Task description
Copy all of the data below without altering a single line.

Raw data
impl PairTable {
    /// So many places, of pairs that weigh nothing and may not meet.
    fn new(alloc: Global, count: usize) -> Result<PairTable, AllocError>
        ensures weights { IfOk result (λ table. length table.weights ≡ count) }
        ensures meets { IfOk result (λ table. length table.meets.items ≡ count) }
    {
        Ok(PairTable {
            weights: WideTable::zeros(alloc, count)?,
            meets: vec![in alloc; false; count]?,
        })
    }

    /// Writes what the pair of a place weighs, and whether the two may meet.
    fn put(&mut self, place: usize, weight: Wide, meets: bool) -> Result<(), AllocError>
        requires weights { place < length self.old.weights }
        requires meets { place < length self.old.meets.items }
        ensures room { (length self.new.weights ≡ length self.old.weights)
            × (length self.new.meets.items ≡ length self.old.meets.items) }
        ensures weight { OnOk result (self.new.weights ≡ slice_set self.old.weights place weight) }
        ensures meets { OnOk result (self.new.meets.items ≡ slice_set self.old.meets.items place meets) }
    {
        self.weights.set(place, weight)?;
        self.meets[place] = meets;
        Ok(())
    }

    /// Writes that the pair of a place weighs what that of another one does, and whether the two may meet.
    fn repeat(&mut self, place: usize, from: usize, meets: bool)
        requires weights { place < length self.old.weights }
        requires meets { place < length self.old.meets.items }
        requires from { from < length self.old.weights }
        ensures room { (length self.new.weights ≡ length self.old.weights)
            × (length self.new.meets.items ≡ length self.old.meets.items) }
        ensures weight { self.new.weights
            ≡ slice_set self.old.weights place (slice_index_or self.old.weights from 0) }
        ensures meets { self.new.meets.items ≡ slice_set self.old.meets.items place meets }
    {
        self.weights.repeat(place, from);
        self.meets[place] = meets;
    }
}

Finished task
impl PairTable {
    /// So many places, of pairs that weigh nothing and may not meet.
    fn new(alloc: Global, count: usize) -> Result<PairTable, AllocError>
        ensures weights { IfOk result (λ table. length table.weights ≡ count) }
        ensures meets { IfOk result (λ table. length table.meets.items ≡ count) }
    {
        Ok(PairTable {
            weights: WideTable::zeros(alloc, count)?,
            meets: vec![in alloc; false; count]?,
        })
    }

    /// Writes what the pair of a place weighs, and whether the two may meet.
    fn put(&mut self, place: usize, weight: Wide, meets: bool) -> Result<(), AllocError>
        requires weights { place < length self.old.weights }
        requires meets { place < length self.old.meets.items }
        ensures room { (length self.new.weights ≡ length self.old.weights)
            × (length self.new.meets.items ≡ length self.old.meets.items) }
        ensures weight { OnOk result (self.new.weights ≡ slice_set self.old.weights place weight) }
        ensures meets { OnOk result (self.new.meets.items ≡ slice_set self.old.meets.items place meets) }
    {
        self.weights.set(place, weight)?;
        self.meets[place] = meets;
        Ok(())
    }

    /// Writes that the pair of a place weighs what that of another one does, and whether the two may meet.
    fn repeat(&mut self, place: usize, from: usize, meets: bool)
        requires weights { place < length self.old.weights }
        requires meets { place < length self.old.meets.items }
        requires from { from < length self.old.weights }
        ensures room { (length self.new.weights ≡ length self.old.weights)
            × (length self.new.meets.items ≡ length self.old.meets.items) }
        ensures weight { self.new.weights
            ≡ slice_set self.old.weights place (slice_index_or self.old.weights from 0) }
        ensures meets { self.new.meets.items ≡ slice_set self.old.meets.items place meets }
    {
        self.weights.repeat(place, from);
        self.meets[place] = meets;
    }
}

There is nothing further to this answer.